I gave kind of a jokey presentation for the DEI group about basic access issues in the library, because a lot of nondisabled people don’t wrap their heads around why certain guidelines are the way they are.
Here I am, showing off why we have lower desks in our libraries and should use them if possible instead of the standing ones. I am also the sickest I have ever been in this photo. I had a second case of COVID (contracted at work), and I gained heart problems, crushing fatigue, fainting, and cognitive difficulties that prevent, among other things, reading.

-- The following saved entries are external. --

//! Schedules of runs that are caught, and how they are made small.

ghost use Rattle.std.specs.Prelude.{◌≡◌, true, IfOk, IfSome, IfNone};
ghost use Rattle.pick_schedule.specs.Printing.{AreOfThreads};
ghost use Rattle.thread_plan.specs.Plans.{IsPlanOf};
ghost use Rattle.commands.specs.Hunts.{Comes, HasNoSchedule, IsFoundSchedule, leaves_running, rests};

use crate::hunt_answers::judge;
use crate::hunt_surveys::DrawnRuns;
use crate::made_runs::MadeRuns;
use log::Log;
use pick_schedule::Schedule;
use std::sync::Wait;
use wasm_record::{Trial, shrink};
use wasm_types::{NoMemory, Outcome};

/// Whether a thread could still go on at the end.
fn leaves_running(outcomes: &[Outcome]) -> bool
    ensures { result ≡ leaves_running outcomes.now }
{
    outcomes
        .iter()
        .any(|outcome| matches!(outcome, Outcome::Running))
}

/// Whether no thread could still go on at the end, if none may.
fn rests(may_leave: bool, outcomes: &[Outcome]) -> bool
    ensures { result ≡ rests may_leave outcomes.now }
{
    may_leave || !leaves_running(outcomes)
}

/// The runs by schedules of a program.
#[derive(Drop)]
struct SmallRuns<'a, R, L> {
    runs: DrawnRuns<'a, R>,
    made: &'a MadeRuns<'a, L>,
    /// Whether they may leave a thread that could still go on.
    may_leave: bool,
}

impl<'a, R: Wait, L: Log> Trial for SmallRuns<'a, R, L> {
    ghost use Rattle.thread_plan.specs.Plans.{IsPlanOf};
    ghost use Rattle.commands.specs.Hunts.{Tries};

    ghost begins = { λ t. IsPlanOf t.runs.program.now.valid t.runs.program.now.plan };

    ghost comes = { λ t picks caught. Tries t.runs.program.now.valid t.runs.program.now.plan t.runs.request.now t.may_leave picks caught };

    fn comes(&self, picks: &Schedule) -> Result<bool, NoMemory> {
        let recording = self.runs.recording_by(picks, 0)?;
        self.made.add_trial();
        if !rests(self.may_leave, recording.recorded().end().outcomes()) {
            return Ok(false);
        }
        judge(self.runs.alloc, self.runs.request, &recording)
    }
}

/// The schedule of the run of a number that is caught, made small where that is wanted; None where it has none.
pub(crate) fn found_schedule<R: Wait, L: Log>(
    runs: &DrawnRuns<'_, R>,
    made: &MadeRuns<'_, L>,
    number: u64,
) -> Result<Option<Schedule>, NoMemory>
    requires suits { IsPlanOf runs.now.program.now.valid runs.now.program.now.plan }
    requires caught { Comes runs.now.program.now.valid runs.now.program.now.plan runs.now.request.now number true }
    ensures found { IfOk result (λ picks. IfSome picks (IsFoundSchedule runs.now.program.now.valid runs.now.program.now.plan runs.now.request.now runs.now.request.now.shrinks number)) }
    ensures of_threads { IfOk result (λ picks. IfSome picks AreOfThreads) }
    ensures none { IfOk result (λ picks. IfNone picks (HasNoSchedule runs.now.program.now.valid runs.now.program.now.plan runs.now.request.now number)) }
{
    let Some(drawn) = runs.schedule(number)? else {
        return Ok(None);
    };
    if !runs.request.shrinks {
        return Ok(Some(drawn));
    }
    let recording = runs.recording(number)?;
    let trial = SmallRuns {
        runs: DrawnRuns {
            rt: runs.rt,
            alloc: runs.alloc,
            program: runs.program,
            request: runs.request,
        },
        made,
        may_leave: leaves_running(recording.recorded().end().outcomes()),
    };
    let small = shrink(runs.rt, runs.alloc, &trial, drawn)?;
    Ok(Some(small))
}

And I told my coworkers plainly: that was the desk where a mother cried to me that we kept her daughter out. If we are serious that libraries are for everyone, we need to consider access not a legal requirement to fulfill, but an essential part of our mandate. Bake it into our foundation. I’d seen the effects of what that was like, when people with medical problems were given the same opportunity for joy (the foundation of what Disney is meant to sell) as everyone else. If equal access is what the library is about, it needs to mean it.
I left my job at the library some months later to go first on medical leave, then try to get disability. It has not gone well. In considering returning to libraries in a lower capacity, I have had to grapple with this friction between who I am and what I need and the reality of library work today. The fact that I’ve written this probably won’t help in our new anti-DEI environment. I can’t bring myself to care.
Are libraries actually for everyone?